About our Solar Setup:

Components we used to generate, store and produce usable 110V electricity.

* Solar Panel(s) Three Suntech STP260/Vb1 260W 24V panels. On the web at $675.00 each
* Charge Controller – Morningstar TriStar Charge Controller 45A 12/24/48 VDC, TS-45 $140
* Xantrex Prowatt SW600 True Sine – Pure Sine Wave Inverter 600W $150.00
* Two Crown CR200 Deep Cycle 6 Volt Batteries. $125 each
* Random circuit breakers, thick 2 AWG gauge wire and wire connectors. $100
* Panel mounting materials. Roof racks worth approximately $300
* Total system cost = $2965.00

When I first started working on my camping van solar panels were not at the top of my wish list but they were certainly something I was interested in. Anyone who really knows me is familiar with the fact that I love to create gadgets and tinker with anything electrical or mechanical. When I was in my early 20′s camping without electricity was the norm, primarily because at that time the only things we had that needed batteries was our Sony Walkman and flashlights. Times change and I’m now usually dragging around a laptop, cell phone, Nikon camera, Sony video camera and for this trip a 22inch flat screen TV with hundreds of movies preloaded onto a Western Digital media player the size of beer can.

When I first started my research on what I would need to add solar power to the van I often referenced Handy Bob’s Solar Blog. Bob has lived in a solar camper for over seven years so I assumed he knew what he was talking about. Like most things these days technology changes quickly and if I knew then what I know now I would have done things slightly differently. One of the things I did not expect was such generosity from Clean Energy USA a Delaware Solar Installer. My good friend and travel companion Jeremy Bell and I built the website for Clean Energy USA and I always hinted to Dave Preston (our primary contact at CEUSA.com) that I would be happy to accept payment in panels or do a trade for services in exchange for Solar Panels. During a random Google Chat I asked Dave if they had any spare panels lying around the shop and he said they did. A few days later I showed up to pick up the panels and was amazed to find that they were each over six feet tall and nearly four feet wide. Not knowing much about Solar I had no idea what amount of electricity these solar panels would produce but my thinking was better to have too much than too little.

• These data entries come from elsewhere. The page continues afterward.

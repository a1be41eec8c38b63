//! What is written of what zones wait for after a listing.

ghost use Rattle.std.specs.Prelude.{◌≡◌, ◌<◌, ◌+◌, length, drop, IfOk};
ghost use Rattle.dz_history.specs.Places.{seats, IsApart};
ghost use Rattle.dz_fleet.specs.Values.{relisted_values};
ghost use Rattle.dz_fleet.specs.Weighing.{written, written_at};
ghost use Rattle.dz_fleet.specs.inner.Relisting.{AreRelisted, AreListed, AreSameZones, AreBehind, half_made};
ghost use Rattle.dz_fleet.specs.inner.Relisting.{keeps_places};
ghost use Rattle.dz_fleet.specs.inner.Renewing.{written_in};

use crate::ahead::{count_before, next_place};
use crate::relisted::{carried_at, relisted};
use crate::relisting::{Relisting, count_of, is_entry_at, zone_at};
use dz_history::Holdings;
use dz_member::Changes;
use dz_timer::{Schedule, Values};
use std::alloc::{AllocError, Global};

/// What zones wait for after a listing: the values of the zones at these places, which a listing leaves as they are
/// where it adds and removes no member; or those of all zones.
#[derive(Drop)]
pub(crate) enum Waiting {
    Places(Vec<(usize, Values)>),
    All(Schedule),
}

/// What zones wait for after a listing. `AllocError` where memory runs out.
pub(crate) fn waiting_after(
    alloc: Global,
    before: &Holdings,
    schedule: &Schedule,
    after: &Holdings,
    changes: &Changes,
) -> Result<Waiting, AllocError>
    requires apart { IsApart before.now }
    requires sized { length schedule.now ≡ length (seats before.now) }
    requires listed { AreListed before.now.fold.members after.now.fold.members changes.now }
    ensures { IfOk result (λ w. written schedule.now (written_in w)
        ≡ relisted_values before.now schedule.now after.now.fold.members) }
{
    if keeps_places(changes) {
        let pairs = changed_values(alloc, before, schedule, after, changes)?;
        Ok(Waiting::Places(pairs))
    } else {
        let schedule = relisted(alloc, before, schedule, after, changes)?;
        Ok(Waiting::All(schedule))
    }
}

/// The values of the zones that a listing changes, by their places, where the same zones are members as before it.
/// `AllocError` where memory runs out.
fn changed_values(
    alloc: Global,
    before: &Holdings,
    schedule: &Schedule,
    after: &Holdings,
    changes: &Changes,
) -> Result<Vec<(usize, Values)>, AllocError>
    requires apart { IsApart before.now }
    requires sized { length schedule.now ≡ length (seats before.now) }
    requires changes { AreRelisted before.now.fold.members after.now.fold.members changes.now }
    requires zones { AreSameZones before.now.fold.members after.now.fold.members }
    ensures { IfOk result (λ pairs. written_at schedule.now pairs.items
        ≡ relisted_values before.now schedule.now after.now.fold.members) }
{
    let most = before.fold().count();
    let mut pairs = Vec::with_capacity(alloc, count_of(changes).min(most))?;
    let relisting = Relisting {
        before,
        schedule,
        after: after.fold(),
    };
    let mut known = 0;
    'changes: for place in 0..count_of(changes) {
        known = note(&mut pairs, &relisting, known, changes, place)?;
    }
    Ok(pairs)
}

/// Appends the values of the zone of a change, where it is a member. So many members are known to come before it; it
/// answers how many come up to it. `AllocError` where memory runs out.
fn note(
    pairs: &mut Vec<(usize, Values)>,
    relisting: &Relisting<'_>,
    known: usize,
    changes: &Changes,
    place: usize,
) -> Result<usize, AllocError>
    requires there { place < length changes.now }
    requires behind { AreBehind relisting.now.state.fold.members relisting.now.members
        (drop place changes.now) known known }
    requires zones { AreSameZones relisting.now.state.fold.members relisting.now.members }
    requires values { written_at relisting.now.values pairs.old.items
        ≡ half_made relisting.now known }
    ensures behind { IfOk result (λ next. AreBehind relisting.now.state.fold.members
        relisting.now.members (drop (place + 1) changes.now) next next) }
    ensures values { IfOk result (λ next. written_at relisting.now.values pairs.new.items
        ≡ half_made relisting.now next) }
{
    let zone = zone_at(changes, place);
    let fold = relisting.before.fold();
    let left = count_before(fold, known, &zone);
    let next = next_place(fold, left, &zone);
    if left < next {
        let catalogs = fold.catalogs().len();
        pairs.push((catalogs + left, carried_at(relisting, Some(left), left)))?;
    }
    Ok(next)
}

/// Whether no zone becomes a member and none ceases to be one.
fn keeps_places(changes: &Changes) -> bool
    ensures { result ≡ keeps_places changes.now }
{
    'changes: for place in 0..count_of(changes) {
        if is_entry_at(changes, place) {
            return false;
        }
    }
    true
}
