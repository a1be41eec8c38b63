//! The owners of a zone by their sort keys, for searches within a stated number of comparisons.
#![tactic(auto)]

mod index;
mod keys;
mod lead;
mod octets;
mod owner_key;
mod places;
mod shared;
mod sort_key;

pub use index::{Index, OWNERS, Run};
pub use lead::{LEAD, lead_of};
pub use owner_key::OwnerKey;
pub use shared::labels_apart;
pub use sort_key::SortKey;
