//! Jobs that are this core's, and those that aren't.

ghost use Rattle.std.specs.Prelude.{◌≡◌, ◌↔◌, ◌==◌, None, IsTrue, IfSome};
ghost use Rattle.std.specs.List.{list_any};
ghost use Rattle.dz_fleet.specs.Absence.{absent_of};
ghost use Rattle.dz_fleet.specs.Sound.{IsFlying, IsGiven, IsSound};
ghost use Rattle.dz_fleet.specs.inner.Same.{same_ask, same_peer, same_query, same_number, same_flight};

use crate::fleet::Fleet;
use crate::flight::Flying;
use dz_io::Peer;
use dz_job::{Flight, Job};
use dz_take::Ask;
use std::marker::Model;

/// Why a job isn't a fleet's.
#[derive(Clone, Copy, Debug)]
pub struct Absent {
    count: u64,
    ticket: u64,
    differs: bool,
}

impl Model for Absent {
    ghost use Rattle.dz_fleet.specs.Absence.{AbsentOf};

    ghost Value = { AbsentOf };

    ghost view = { λ a. record { count = a.count; ticket = a.ticket; differs = a.differs } };

    ghost inverse = { λ a. record { count = a.count; ticket = a.ticket; differs = a.differs } };
}

impl Absent {
    /// How many entries the list has.
    pub fn count(&self) -> u64
        ensures { result ≡ self.now.count }
    {
        self.count
    }

    /// The number of the job, from 1.
    pub fn ticket(&self) -> u64
        ensures { result ≡ self.now.ticket }
    {
        self.ticket
    }

    /// Whether a job in flight has this number, and so differs from this one in something else.
    pub fn differs(&self) -> bool
        ensures { result ≡ self.now.differs }
    {
        self.differs
    }
}

impl Fleet {
    /// Whether a job in flight agrees with this one in all that it asks for. Of one that this list handed out nothing
    /// else can differ: its version is the one that its zone held at the number of entries that it names.
    pub fn is_in_flight(&self, job: &Job) -> bool
        requires given { IsSound self.now → IsGiven self.now.list job.now }
        ensures { IsTrue result ↔ IsFlying self.now job.now }
    {
        is_among(&self.flying, job.flight())
    }

    /// Why a job isn't this fleet's; none exactly where it is.
    pub fn absence(&self, job: &Job) -> Option<Absent>
        requires given { IsSound self.now → IsGiven self.now.list job.now }
        ensures none { (result ≡ None) ↔ IsFlying self.now job.now }
        ensures absent { IfSome result (λ a. a ≡ absent_of self.now job.now) }
        ensures sound { IsSound self.now }
    {
        let _ = &self.flying;
        if self.is_in_flight(job) {
            None
        } else {
            Some(self.absent(job))
        }
    }

    /// Why a job that isn't this fleet's is absent from it.
    fn absent(&self, job: &Job) -> Absent
        ensures { result ≡ absent_of self.now job.now }
    {
        Absent {
            count: self.count(),
            ticket: job.ticket(),
            differs: has_ticket(&self.flying, job.ticket()),
        }
    }
}

/// Whether one of these jobs has a number.
fn has_ticket(flying: &[Flying], ticket: u64) -> bool
    ensures { result ≡ list_any (λ f. f.flight.ticket == ticket) flying.now }
{
    flying.iter().any(|f| f.flight.ticket == ticket)
}

/// Whether one of these jobs asks for the same.
fn is_among(flying: &[Flying], flight: &Flight) -> bool
    ensures { result ≡ list_any (λ f. same_flight f.flight flight.now) flying.now }
{
    flying.iter().any(|f| same_flight(&f.flight, flight))
}

/// Whether two jobs have one number, one length of the list, one incarnation of a zone and one query.
fn same_flight(a: &Flight, b: &Flight) -> bool
    ensures { result ≡ same_flight a.now b.now }
{
    same_number(a, b) && a.zone == b.zone && a.incarnation == b.incarnation && same_query(a, b)
}

/// Whether two jobs have one number, and were handed out by lists of one length.
fn same_number(a: &Flight, b: &Flight) -> bool
    ensures { result ≡ same_number a.now b.now }
{
    a.ticket == b.ticket && a.entries == b.entries
}

/// Whether two jobs ask the same primary for the same at the same moment, with the same ID.
fn same_query(a: &Flight, b: &Flight) -> bool
    ensures { result ≡ same_query a.now b.now }
{
    same_ask(a.ask, b.ask)
        && a.id == b.id
        && same_peer(&a.primary, &b.primary)
        && a.moment == b.moment
}

/// Whether two jobs ask for the same form.
fn same_ask(a: Ask, b: Ask) -> bool
    ensures { result ≡ same_ask a b }
{
    match (a, b) {
        (Ask::Axfr, Ask::Axfr) => true,
        (Ask::Ixfr, Ask::Ixfr) => true,
        _ => false,
    }
}

/// Whether two peers have the same address and port.
fn same_peer(a: &Peer, b: &Peer) -> bool
    ensures { result ≡ same_peer a.now b.now }
{
    a.address == b.address && a.port == b.port
}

One of the things I hate about math and engineers is that even the experts I talked to could not tell me what I could or could not definitely run or how long I could run electronic devices with these panels because of all the variables such as amount of sun per day, shadows falling on the panels, angle of the panel in relationship to the sun, length and thickness of the wires used to transfer the energy, size of the batteries and what condition they were in, make and model of the charge controller as well as make and model of the power inverter. I had people tell me I would not be able to run a 22” TV off the limited power storage of two 6 volt deep cycle batteries, They were obviously wrong because on many nights I would watch up to six hours of TV without putting a dent in the battery bank charge. When in doubt trial and error has always worked for me in the past. If we could make this work it would be great, if not I could always add additional equipment until it performed as I needed.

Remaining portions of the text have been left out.